The two pathways for generating evidence described in this paper do not represent mutually exclusive approaches. Some policy and practice innovations could and should be evaluated in RCTs, and many more would benefit from more planned evaluation using a wider range of study designs. Nevertheless, the public health research community and those who fund and publish their work have key roles to play in supporting the development and credibility of researchers in this field, and the more thoughtful conduct, appraisal and synthesis of natural experimental studies, to populate critical missing pieces of the evidence base to support more effective public health action.

There are well-established associations between behaviour and chronic disease, which justify government efforts to reduce behavioural risk factors. However, the question of how population behaviour patterns might most effectively be shifted remains one of the greatest uncertainties for research and policy. This reflects the substantial challenges of evaluating population preventive strategies, interpreting the findings and translating them into action.
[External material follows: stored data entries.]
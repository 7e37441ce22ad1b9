// The classes of bytes (C90 6.1).
ghost use Rattle.std.specs.Prelude.{◌≡◌, codes};
ghost use Rattle.c65_lex.specs.Spellings;
ghost use Rattle.c65_lex.specs.Spellings.{among};

pub fn is_white(byte: u8) -> bool
    ensures { result ≡ Spellings.is_white byte }
{
    byte == b' ' || byte == b'\t' || byte == 11 || byte == 12
}

pub fn is_letter(byte: u8) -> bool
    ensures { result ≡ Spellings.is_letter byte }
{
    byte.is_ascii_alphabetic() || byte == b'_'
}

pub fn is_digit(byte: u8) -> bool
    ensures { result ≡ Spellings.is_digit byte }
{
    byte.is_ascii_digit()
}

pub fn is_word(byte: u8) -> bool
    ensures { result ≡ Spellings.is_word byte }
{
    is_letter(byte) || is_digit(byte)
}

/// Whether a number goes on with a byte: a sign only just behind an e.
pub fn continues(before: u8, byte: u8) -> bool
    ensures { result ≡ Spellings.continues before byte }
{
    is_word(byte)
        || byte == b'.'
        || ((byte == b'+' || byte == b'-') && (before == b'e' || before == b'E'))
}

pub fn is_punct1(byte: u8) -> bool
    ensures { result ≡ Spellings.is_punct1 byte }
{
    matches!(
        byte,
        b'[' | b']'
            | b'('
            | b')'
            | b'{'
            | b'}'
            | b'.'
            | b'&'
            | b'*'
            | b'+'
            | b'-'
            | b'~'
            | b'!'
            | b'/'
            | b'%'
            | b'<'
            | b'>'
            | b'^'
            | b'|'
            | b'?'
            | b':'
            | b'='
            | b','
            | b'#'
            | b';'
    )
}

fn is_before_equals(byte: u8) -> bool
    ensures { result ≡ among (codes "<>=!*/%+-&^|") byte }
{
    matches!(
        byte,
        b'<' | b'>' | b'=' | b'!' | b'*' | b'/' | b'%' | b'+' | b'-' | b'&' | b'^' | b'|'
    )
}

fn is_doubled(byte: u8) -> bool
    ensures { result ≡ among (codes "+-<>&|#") byte }
{
    matches!(byte, b'+' | b'-' | b'<' | b'>' | b'&' | b'|' | b'#')
}

pub fn is_punct2(first: u8, second: u8) -> bool
    ensures { result ≡ Spellings.is_punct2 first second }
{
    (second == b'=' && is_before_equals(first))
        || (second == first && is_doubled(first))
        || (first == b'-' && second == b'>')
}

pub fn is_punct3(first: u8, second: u8, third: u8) -> bool
    ensures { result ≡ Spellings.is_punct3 first second third }
{
    (second == first && (first == b'<' || first == b'>') && third == b'=')
        || (first == b'.' && second == b'.' && third == b'.')
}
Greater effort and investment in this area may help ensure that research more effectively supports public health action.

We discuss the growing importance of evaluating natural experiments and their distinctive contribution to the evidence for public health policy. We contrast the established evidence-based practice pathway, in which randomised controlled trials generate ‘definitive’ evidence for particular interventions, with a practice-based evidence pathway in which evaluation can help adjust the compass bearing of existing policy. We propose that intervention studies should focus on reducing critical uncertainties, that non-randomised study designs should be embraced rather than tolerated and that a more nuanced approach to appraising the utility of diverse types of evidence is required.